Exercise details: Each line of the data that includes the string "enum" is to be copied out.

________________________

//! What a region is made with.
ghost use Rattle.std.specs.Prelude.{◌≡◌, ◌<◌, IfOk, map, length};
ghost use Rattle.std.specs.List.{list_all};
ghost use Rattle.serde_json.specs.View.{view};
ghost use Rattle.rdm_json.specs.Results.{result_map};
ghost use Rattle.rdm_script.specs.Contents.{is_hex_digit, hex_value, is_hex, hex_bytes, fill_byte, fill_bytes, as_length, text_content, hex_content, zero_content, fill_of, fill_parts, fill_content, content_of};
ghost use Rattle.rdm_script.specs.Drafts.{made_content};

use crate::Reason;
use rdm_json::{Form, array, keys_known, number, number_of, text};
use rdm_num::{Bytes, LEN_MAX, NoMemory};
use serde_json::Value;
use std::alloc::Global;

/// How the content of a region is said.
#[derive(Clone, Copy, Drop)]
pub enum Content<'v> {
    /// The bytes of a text.
    Text(&'v str),
    /// What an even number of hexadecimal digits spells.
    Hex(&'v str),
    /// So many zeros.
    Zero(u32),
    /// A length and a seed.
    Fill(u32, u8),
}

fn is_hex_digit(c: u8) -> bool
    ensures { result ≡ is_hex_digit c }
{
    matches!(c, b'0'..=b'9' | b'A'..=b'F' | b'a'..=b'f')
}

/// The value of a hexadecimal digit.
fn hex_value(c: u8) -> u8
    ensures value { result ≡ hex_value c }
    ensures below { result < 16 }
{
    match c {
        b'0'..=b'9' => c - b'0',
        b'A'..=b'F' => c - 55,
        b'a'..=b'f' => c - 87,
        _ => 0,
    }
}

fn are_hex_digits(text: &str) -> bool
    ensures { result ≡ list_all is_hex_digit text.now }
{
    text.as_bytes().iter().all(|c| is_hex_digit(*c))
}

/// An even number of hexadecimal digits.
fn is_hex(text: &str) -> bool
    ensures { result ≡ is_hex text.now }
{
    are_hex_digits(text) && text.len() % 2 == 0
}

/// The bytes that pairs of hexadecimal digits spell.
fn hex_bytes(alloc: Global, text: &str) -> Result<Vec<u8>, NoMemory>
    ensures { IfOk result (λ v. v.items ≡ hex_bytes text.now) }
{
    let digits = text.as_bytes();
    let mut bytes = Vec::with_capacity(alloc, digits.len() / 2)?;
    for i in 0..digits.len() / 2 {
        bytes.push(hex_value(digits[2 * i]) * 16 + hex_value(digits[2 * i + 1]))?;
    }
    Ok(bytes)
}

/// So many bytes of a fill.
fn fill_bytes(alloc: Global, seed: u8, count: u32) -> Result<Vec<u8>, NoMemory>
    ensures { IfOk result (λ v. v.items ≡ fill_bytes seed 0 count) }
{
    let mut bytes = Vec::with_capacity(alloc, count as usize)?;
    for place in 0..count {
        bytes.push(fill_byte(seed, place))?;
    }
    Ok(bytes)
}

/// The byte of a fill at a place.
fn fill_byte(seed: u8, place: u32) -> u8
    ensures { result ≡ fill_byte seed place }
{
    let place = u64::from(place);
    ((u64::from(seed) + place + place / 251) % 256) as u8
}

impl<'v> Content<'v> {
    /// How many bytes it has.
    pub fn len(&self) -> u64
        ensures { result ≡ length (made_content self.now) }
    {
        match self {
            Content::Text(text) => text.len() as u64,
            Content::Hex(digits) => digits.len() as u64 / 2,
            Content::Zero(count) => u64::from(*count),
            Content::Fill(count, _) => u64::from(*count),
        }
    }

    /// Makes it.
    pub fn make(&self, alloc: Global) -> Result<Bytes, NoMemory>
        ensures { IfOk result (λ b. b ≡ made_content self.now) }
    {
        let bytes = match self {
            Content::Text(text) => Vec::from_slice(alloc, text.as_bytes())?,
            Content::Hex(digits) => hex_bytes(alloc, digits)?,
            Content::Zero(count) => vec![in alloc; 0; *count as usize]?,
            Content::Fill(count, seed) => fill_bytes(alloc, *seed, *count)?,
        };
        Ok(Bytes::from_vec(bytes))
    }
}

/// The length of a region, a send or a receive is in its range.
pub fn as_length(len: u64) -> Result<u32, Reason>
    ensures { result ≡ as_length len }
{
    if len <= LEN_MAX {
        Ok(len as u32)
    } else {
        Err(Reason::Limit)
    }
}

fn text_content(value: &Value) -> Result<Content<'_>, Reason>
    ensures { result_map made_content result ≡ text_content (view value.now) }
{
    let text = text(value, "text")?;
    as_length(text.len() as u64)?;
    Ok(Content::Text(text))
}

fn hex_content(value: &Value) -> Result<Content<'_>, Reason>
    ensures { result_map made_content result ≡ hex_content (view value.now) }
{
    let digits = text(value, "hex")?;
    if !is_hex(digits) {
        return Err(Reason::Shape);
    }
    as_length(digits.len() as u64 / 2)?;
    Ok(Content::Hex(digits))
}

fn zero_content(value: &Value) -> Result<Content<'_>, Reason>
    ensures { result_map made_content result ≡ zero_content (view value.now) }
{
    let count = number(value, "zero")?;
    Ok(Content::Zero(as_length(count)?))
}

fn fill_of<'v>(count: u64, seed: u64) -> Result<Content<'v>, Reason>
    ensures { result_map made_content result ≡ fill_of count seed }
{
    let count = as_length(count)?;
    if seed < 256 {
        Ok(Content::Fill(count, seed as u8))
    } else {
        Err(Reason::Limit)
    }
}

fn fill_parts(values: &[Value]) -> Result<Content<'_>, Reason>
    ensures { result_map made_content result ≡ fill_parts (map view values.now) }
{
    match values {
        [count, seed] => fill_of(number_of(count)?, number_of(seed)?),
        _ => Err(Reason::Shape),
    }
}

fn fill_content(value: &Value) -> Result<Content<'_>, Reason>
    ensures { result_map made_content result ≡ fill_content (view value.now) }
{
    fill_parts(array(value, "fill")?)
}

/// The content is said in exactly one of four ways.
pub fn content_of(value: &Value) -> Result<Content<'_>, Reason>
    ensures { result_map made_content result ≡ content_of (view value.now) }
{
    if keys_known(Form::RegText, value) {
        text_content(value)
    } else if keys_known(Form::RegHex, value) {
        hex_content(value)
    } else if keys_known(Form::RegZero, value) {
        zero_content(value)
    } else if keys_known(Form::RegFill, value) {
        fill_content(value)
    } else {
        Err(Reason::Shape)
    }
}
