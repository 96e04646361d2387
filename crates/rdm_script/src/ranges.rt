//! The ranges that a send says.
ghost use Rattle.std.specs.Prelude.{◌≡◌, ◌≤◌, IfOk, map, length};
ghost use Rattle.serde_json.specs.View.{view};
ghost use Rattle.rdm_model.specs.Jobs.{spans_length};
ghost use Rattle.rdm_json.specs.Results.{result_map};
ghost use Rattle.rdm_script.specs.Ranges.{as_u32, one_written, written_in, each_written, parts_written, written_of, as_span, as_spans, as_parts};
ghost use Rattle.rdm_script.specs.Drafts.{capped};

use crate::Reason;
use crate::content::as_length;
use crate::fields::Version;
use arrayvec::ArrayVec;
use rdm_json::{Form, array, array_of, keys_known, known, number, number_of};
use rdm_num::{LEN_MAX, Parts, RegionNo, Span};
use serde_json::Value;

/// A range as its numbers are written.
#[derive(Clone, Copy, Debug, Default, PartialEq, Eq)]
pub struct Written {
    pub region: u64,
    pub at: u64,
    pub len: u64,
}

/// The number is below 2^32.
pub fn as_u32(n: u64) -> Result<u32, Reason>
    ensures { result ≡ as_u32 n }
{
    if n < 4_294_967_296 {
        Ok(n as u32)
    } else {
        Err(Reason::Limit)
    }
}

/// The one range of a send.
fn one_written(value: &Value) -> Result<ArrayVec<Written, 4>, Reason>
    ensures value { result_map (λ w. w.items) result ≡ one_written (view value.now) }
    ensures some { IfOk result (λ w. 1 ≤ length w.items) }
{
    known(Form::Send, value)?;
    let region = number(value, "region")?;
    let at = number(value, "at")?;
    let len = number(value, "len")?;
    let mut written = ArrayVec::<Written, 4>::new();
    written.push(Written { region, at, len });
    Ok(written)
}

/// A range is an array of its three numbers.
fn written_in(values: &[Value]) -> Result<Written, Reason>
    ensures { result ≡ written_in (map view values.now) }
{
    match values {
        [region, at, len] => Ok(Written {
            region: number_of(region)?,
            at: number_of(at)?,
            len: number_of(len)?,
        }),
        _ => Err(Reason::Shape),
    }
}

/// The ranges that values say, one after the other.
fn each_written(values: &[Value]) -> Result<ArrayVec<Written, 4>, Reason>
    requires { length values.now ≤ 4 }
    ensures value { result_map (λ w. w.items) result ≡ each_written (map view values.now) }
    ensures counted { IfOk result (λ w. length w.items ≡ length values.now) }
{
    let mut written = ArrayVec::<Written, 4>::new();
    for value in values {
        written.push(written_in(array_of(value)?)?);
    }
    Ok(written)
}

/// An array of 1 to 4 ranges.
#[tactic(auto, unfolding(rdm_model::specs::Jobs::is_within))]
fn parts_written(value: &Value) -> Result<ArrayVec<Written, 4>, Reason>
    ensures value { result_map (λ w. w.items) result ≡ parts_written (view value.now) }
    ensures some { IfOk result (λ w. 1 ≤ length w.items) }
{
    let values = array(value, "parts")?;
    if 1 <= values.len() && values.len() <= 4 {
        each_written(values)
    } else {
        Err(Reason::Shape)
    }
}

/// The ranges of a send as they are written.
pub fn written_of(version: Version, value: &Value) -> Result<ArrayVec<Written, 4>, Reason>
    ensures value { result_map (λ w. w.items) result ≡ written_of version (view value.now) }
    ensures some { IfOk result (λ w. 1 ≤ length w.items) }
{
    match version {
        Version::One => one_written(value),
        Version::Two => {
            if keys_known(Form::SendOfParts, value) {
                parts_written(value)
            } else {
                one_written(value)
            }
        }
    }
}

/// The numbers of a range are in their limits.
fn as_span(written: Written) -> Result<Span, Reason>
    ensures { result ≡ as_span written }
{
    Ok(Span {
        region: RegionNo(as_u32(written.region)?),
        at: written.at,
        len: u64::from(as_length(written.len)?),
    })
}

/// The numbers of ranges are, one after the other.
fn as_spans(written: &[Written]) -> Result<ArrayVec<Span, 4>, Reason>
    requires { length written.now ≤ 4 }
    ensures value { result_map (λ s. s.items) result ≡ as_spans written.now }
    ensures counted { IfOk result (λ s. length s.items ≡ length written.now) }
{
    let mut spans = ArrayVec::<Span, 4>::new();
    for range in written {
        spans.push(as_span(*range)?);
    }
    Ok(spans)
}

/// How many bytes ranges have together, up to the last number.
#[tactic(auto, unfolding(rdm_model::specs::Jobs::spans_length))]
pub fn spans_length(spans: &[Span]) -> u64
    ensures { result ≡ capped (spans_length spans.now) }
{
    let mut length = 0u64;
    for span in spans {
        length = length.saturating_add(span.len);
    }
    length
}

/// The ranges of a send have no more bytes together than one may have.
pub fn as_parts(written: &[Written]) -> Result<Parts, Reason>
    requires some { 1 ≤ length written.now }
    requires few { length written.now ≤ 4 }
    ensures { result ≡ as_parts written.now }
{
    let spans = as_spans(written)?;
    if spans_length(spans.as_slice()) > LEN_MAX {
        return Err(Reason::Limit);
    }
    match Parts::from_array_vec(spans) {
        Some(parts) => Ok(parts),
        None => unreachable!(),
    }
}
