//! The programs of the ranks.
ghost use Rattle.std.specs.Prelude.{◌≡◌, ◌<◌, ◌^◌, [], IfOk, option_map, map, length};
ghost use Rattle.serde_json.specs.View.{view};
ghost use Rattle.rdm_model.specs.Jobs.{features_fit};
ghost use Rattle.rdm_json.specs.Results.{result_map, GivesAs};
ghost use Rattle.rdm_script.specs.Programs.{next_instr, program_of, rank_form, own_pools_known, own_limits, rank_parts, rank_of, ranks_of};
ghost use Rattle.rdm_script.specs.Drafts.{made, made_rank};

use crate::draft::Draft;
use crate::fields::{Version, pool_size};
use crate::instruction::instr_of;
use crate::program::Program;
use crate::{Place, Reason, ScriptRefused};
use rdm_hdr::has_bit;
use rdm_json::{Form, array, found_at, known, number_or, placed};
use rdm_model::{Instr, Ops, Rank};
use rdm_num::{EpLimits, NoMemory, OPS_MAX};
use serde_json::Value;
use std::alloc::Global;

/// A rank, whose regions have no content yet.
#[derive(Drop)]
pub struct RankDraft<'v> {
    pub features: u64,
    pub limits: EpLimits,
    pub drafts: Vec<Draft<'v>>,
}

/// The next instruction of a program.
fn next_instr<'v>(
    version: Version,
    ports: u32,
    program: &Program<'v>,
    value: &'v Value,
) -> Result<Draft<'v>, Reason>
    ensures { result_map made result ≡ next_instr version ports program.now (view value.now) }
{
    let draft = instr_of(version, value)?;
    if !draft.names_rank(ports) {
        return Err(Reason::NoRank);
    }
    program.lives_tested(&draft)?;
    Ok(draft)
}

/// The instructions, one after the other.
fn program_of<'v>(
    alloc: Global,
    version: Version,
    rank: u32,
    ports: u32,
    values: &'v [Value],
) -> Result<Vec<Draft<'v>>, ScriptRefused>
    ensures { GivesAs (λ v. map made v.items) result (program_of version rank ports [] (map view values.now)) }
{
    let mut program = Program::new(alloc);
    for value in values {
        let place = Place::Op(rank, program.len() as u64);
        let draft = placed(place, next_instr(version, ports, &program, value))?;
        program.push(draft)?;
    }
    Ok(program.into_drafts())
}

/// Features 0 to 4 may be set, and 3 is.
#[tactic(auto, unfolding(rdm_model::specs::Jobs::features_fit))]
fn features_fit(features: u64) -> bool
    ensures { result ≡ features_fit features }
{
    features < 32 && has_bit(3, features)
}

/// The keys of a rank: from version 2 on it may have pools of its own.
fn rank_form(version: Version) -> Form
    ensures { result ≡ rank_form version }
{
    match version {
        Version::One => Form::Rank,
        Version::Two => Form::RankWithPools,
    }
}

/// A rank's own pools are an object with the keys of pools, but for the inbox.
fn own_pools_known(pools: Option<&Value>) -> Result<(), Reason>
    ensures { result ≡ own_pools_known (option_map (λ v. view v.now) pools.entry) }
{
    match pools {
        Some(pools) => known(Form::OwnPools, pools),
        None => Ok(()),
    }
}

/// The job's limits, with a rank's own pools in place.
fn own_limits(limits: EpLimits, pools: Option<&Value>) -> Result<EpLimits, Reason>
    ensures { result ≡ own_limits limits (option_map (λ v. view v.now) pools.entry) }
{
    let tx = pool_size(limits.tx, found_at(pools, "tx"))?;
    let rx = pool_size(limits.rx, found_at(pools, "rx"))?;
    let early = pool_size(limits.early, found_at(pools, "early"))?;
    let cq = pool_size(limits.cq, found_at(pools, "cq"))?;
    Ok(EpLimits {
        tx,
        rx,
        early,
        cq,
        ..limits
    })
}

/// The features of a rank, its limits, and its instructions as values.
fn rank_parts(
    version: Version,
    limits: EpLimits,
    value: &Value,
) -> Result<(u64, EpLimits, &[Value]), Reason>
    ensures { result_map (λ p. (p.0, p.1, map view p.2.now)) result ≡ rank_parts version limits (view value.now) }
{
    known(rank_form(version), value)?;
    let features = number_or(25, value.get("features"))?;
    let ops = array(value, "ops")?;
    own_pools_known(value.get("pools"))?;
    if !features_fit(features) {
        return Err(Reason::Limit);
    }
    let own = own_limits(limits, value.get("pools"))?;
    if ops.len() as u64 <= OPS_MAX {
        Ok((features, own, ops))
    } else {
        Err(Reason::Limit)
    }
}

/// A rank and then its instructions.
fn rank_of<'v>(
    alloc: Global,
    version: Version,
    limits: EpLimits,
    rank: u32,
    ports: u32,
    value: &'v Value,
) -> Result<RankDraft<'v>, ScriptRefused>
    ensures { GivesAs made_rank result (rank_of version limits rank ports (view value.now)) }
{
    let (features, limits, ops) = placed(Place::Rank(rank), rank_parts(version, limits, value))?;
    let drafts = program_of(alloc, version, rank, ports, ops)?;
    Ok(RankDraft {
        features,
        limits,
        drafts,
    })
}

/// The ranks, one after the other.
pub fn ranks_of<'v>(
    alloc: Global,
    version: Version,
    limits: EpLimits,
    ports: u32,
    values: &'v [Value],
) -> Result<Vec<RankDraft<'v>>, ScriptRefused>
    requires { length values.now < 2 ^ 32 }
    ensures { GivesAs (λ v. map made_rank v.items) result (ranks_of version limits 0 ports (map view values.now)) }
{
    let mut ranks = Vec::new(alloc);
    for value in values {
        let rank = rank_of(alloc, version, limits, ranks.len() as u32, ports, value)?;
        ranks.push(rank)?;
    }
    Ok(ranks)
}

/// Makes the instructions.
fn make_ops(alloc: Global, drafts: Vec<Draft<'_>>) -> Result<Ops, NoMemory>
    ensures { IfOk result (λ ops. ops ≡ map made drafts.entry.items) }
{
    let mut ops = Vec::with_capacity(alloc, drafts.len())?;
    for draft in drafts {
        ops.push(draft.make(alloc)?)?;
    }
    Ok(Ops::from_vec(ops))
}

/// Makes the ranks.
pub fn make_ranks(alloc: Global, drafts: Vec<RankDraft<'_>>) -> Result<Vec<Rank>, NoMemory>
    ensures { IfOk result (λ v. v.items ≡ map made_rank drafts.entry.items) }
{
    let mut ranks = Vec::with_capacity(alloc, drafts.len())?;
    for draft in drafts {
        let (features, limits) = (draft.features, draft.limits);
        let ops = make_ops(alloc, draft.drafts)?;
        ranks.push(Rank {
            features,
            limits,
            ops,
        })?;
    }
    Ok(ranks)
}
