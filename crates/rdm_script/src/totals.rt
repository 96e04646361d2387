//! How much all ranks have together.
ghost use Rattle.std.specs.Prelude.{◌≡◌, ◌+◌, map, length, min, sum_by};
ghost use Rattle.rdm_model.specs.Jobs.{sent_length};
ghost use Rattle.rdm_script.specs.Programs.{made_length, is_too_big};
ghost use Rattle.rdm_script.specs.Drafts.{made, made_rank, capped};

use crate::draft::Draft;
use crate::ranks::RankDraft;
use rdm_num::{ALL_OPS_MAX, ALL_REGIONS_MAX, ALL_SENDS_MAX};

/// How many bytes a program makes, up to the last number.
fn made_total(drafts: &[Draft<'_>]) -> u64
    ensures { result ≡ capped (sum_by made_length (map made drafts.now)) }
{
    let mut total = 0u64;
    for draft in drafts {
        total = total.saturating_add(draft.made_length());
    }
    total
}

/// How many bytes a program sends, up to the last number.
fn sent_total(drafts: &[Draft<'_>]) -> u64
    ensures { result ≡ capped (sum_by sent_length (map made drafts.now)) }
{
    let mut total = 0u64;
    for draft in drafts {
        total = total.saturating_add(draft.sent_length());
    }
    total
}

/// All instructions, all regions or all sends together are too many.
pub fn is_too_big(ranks: &[RankDraft<'_>]) -> bool
    ensures { result ≡ is_too_big (map made_rank ranks.now) }
{
    let (mut ops, mut made, mut sent) = (0u64, 0u64, 0u64);
    for rank in ranks {
        let drafts = rank.drafts.as_slice();
        ops = ops.saturating_add(drafts.len() as u64);
        made = made.saturating_add(made_total(drafts));
        sent = sent.saturating_add(sent_total(drafts));
    }
    ops > ALL_OPS_MAX || made > ALL_REGIONS_MAX || sent > ALL_SENDS_MAX
}
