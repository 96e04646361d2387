//! Lists, orders and finite sums: the definitions and lemmas that several crates cite. It has no code.
#![tactic(auto)]
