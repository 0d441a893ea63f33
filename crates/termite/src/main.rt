//! The program: it obeys the words behind its name over the files of the operating system.
#![tactic(auto)]

use std::alloc::{AllocError, Global};
use std::env::{self, Args};
use std::io::{self, ErrorKind};
use std::process::ExitCode;
use tm_base::{DiskFiles, StdSink};
use tm_commands::obey_and_report;

/// The code for want of memory for the words.
const NO_MEMORY: u8 = 7;
/// The code for words that are not given for another cause, as one that is not UTF-8.
const NO_WORDS: u8 = 11;

/// The words behind the program's own name.
fn words_behind_name(alloc: Global, args: Args) -> Result<Vec<String>, AllocError> {
    let mut words = Vec::new(alloc);
    for word in args.skip(1) {
        words.push(word)?;
    }
    Ok(words)
}

/// The code for words that are not given.
fn refusal_code(error: &io::Error) -> u8 {
    if error.kind() == ErrorKind::OutOfMemory {
        NO_MEMORY
    } else {
        NO_WORDS
    }
}

fn main(rt: HostRuntime) -> ExitCode {
    let args = match env::args(&rt) {
        Ok(args) => args,
        Err(error) => return ExitCode::from(refusal_code(&error)),
    };
    let Ok(words) = words_behind_name(rt.alloc(), args) else {
        return ExitCode::from(NO_MEMORY);
    };
    let mut files = DiskFiles::new(&rt);
    let mut out = StdSink::new(&rt);
    let status = obey_and_report(rt.alloc(), &words, &mut files, &mut out);
    ExitCode::from(status.code())
}
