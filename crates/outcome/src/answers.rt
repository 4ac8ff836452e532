// What an addition, a removal and a search answer, a case for each that document 01 names, what a
// refused call answers, and their packing.
ghost use Rattle.std.specs.Prelude.{◌≡◌, ◌<◌};
ghost use Rattle.refusal.specs.Number.{number_of};
ghost use Rattle.outcome.specs.Reply.{packed, refused_with};
ghost use Rattle.outcome.specs.Answers.{added_reply, removed_reply, found_reply};

use super::pack;
use refusal::Refusal;

// Each of the three stays an enum of its own: a definition gives the number and the values of each of
// its cases, and a case that has no row has a number or a letter all the same.

// What an addition answers: the row of the palindrome that came in, or that none did, and how many
// candidates were passed in the search for it.
#[derive(Clone, Copy)]
pub enum Added {
    New(usize, usize),
    Known(usize),
}

// What a removal answers: the letter, and the row of the palindrome that went, if one did.
#[derive(Clone, Copy)]
pub enum Removed {
    Gone(u8, usize),
    Kept(u8),
}

// What a search answers: the row of a palindrome of the record, or that the piece is none, and where
// the piece and its reversal disagree first.
#[derive(Clone, Copy)]
pub enum Found {
    At(usize, usize),
    Absent(usize),
}

// The answer of an addition.
#[tactic(auto, unfolding(crate::specs::Answers::added_reply, crate::specs::Reply::accepted))]
pub fn answer_added(added: Added) -> u64
    requires { ((added_reply added).row < 65536) × ((added_reply added).first < 65536) }
    ensures { result ≡ packed (added_reply added) }
{
    match added {
        Added::New(row, passed) => pack(true, row, passed, 0),
        Added::Known(passed) => pack(false, 0, passed, 0),
    }
}

// The answer of a removal.
pub fn answer_removed(removed: Removed) -> u64
    requires { (removed_reply removed).row < 65536 }
    ensures { result ≡ packed (removed_reply removed) }
{
    match removed {
        Removed::Gone(letter, row) => pack(true, row, usize::from(letter), 0),
        Removed::Kept(letter) => pack(false, 0, usize::from(letter), 0),
    }
}

// The answer of a search.
#[tactic(auto, unfolding(crate::specs::Answers::found_answer, crate::specs::Reply::accepted))]
pub fn answer_found(found: Found) -> u64
    requires { ((found_reply found).row < 65536) × ((found_reply found).first < 65536) }
    ensures { result ≡ packed (found_reply found) }
{
    match found {
        Found::At(row, pair) => pack(true, row, pair, 0),
        Found::Absent(pair) => pack(false, 0, pair, 0),
    }
}

// The answer of a refused call.
pub fn refuse(refusal: Refusal) -> u64
    ensures { result ≡ packed (refused_with (number_of refusal)) }
{
    super::refuse(refusal.number())
}
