// What every call answers and leaves in the lent bytes, in specs/, and the packing of an answer
// into one number.
#![tactic(auto)]

pub mod answers;

ghost use Rattle.std.specs.Prelude.{◌≡◌, ◌<◌};
ghost use Rattle.outcome.specs.Reply.{packed, accepted, answered, refused_with};
ghost use Rattle.outcome.specs.Wide.{wide_answer};

// The answer of a call that was carried out.
#[tactic(auto, unfolding(crate::specs::Reply::packed, crate::specs::Reply::accepted, crate::specs::Reply::bit))]
pub fn pack(flag: bool, row: usize, first: usize, second: usize) -> u64
    requires { (row < 65536) × (first < 65536) × (second < 65536) }
    ensures { result ≡ packed (accepted flag row first second) }
{
    256 * u64::from(flag)
        + 65536 * row as u64
        + 4294967296 * first as u64
        + 281474976710656 * second as u64
}

// The answer of a call that was carried out and tells two sums, each of three bytes.
#[tactic(auto, unfolding(crate::specs::Reply::packed, crate::specs::Reply::accepted, crate::specs::Reply::bit, crate::specs::Wide::wide_answer))]
pub fn pack_wide(rows: usize, ends: usize) -> u64
    requires { (rows < 16777216) × (ends < 16777216) }
    ensures { result ≡ packed (answered (wide_answer rows ends)) }
{
    65536 * rows as u64 + 1099511627776 * ends as u64
}

// The answer of a call that is refused with a number.
#[tactic(auto, unfolding(crate::specs::Reply::packed, crate::specs::Reply::refused_with, crate::specs::Reply::bit))]
pub fn refuse(number: u64) -> u64
    ensures { result ≡ packed (refused_with number) }
{
    number
}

________________________

Response for this exercise:
pub enum Content<'v> {
// Each of the three stays an enum of its own: a definition gives the number and the values of each of
pub enum Added {
pub enum Removed {
pub enum Found {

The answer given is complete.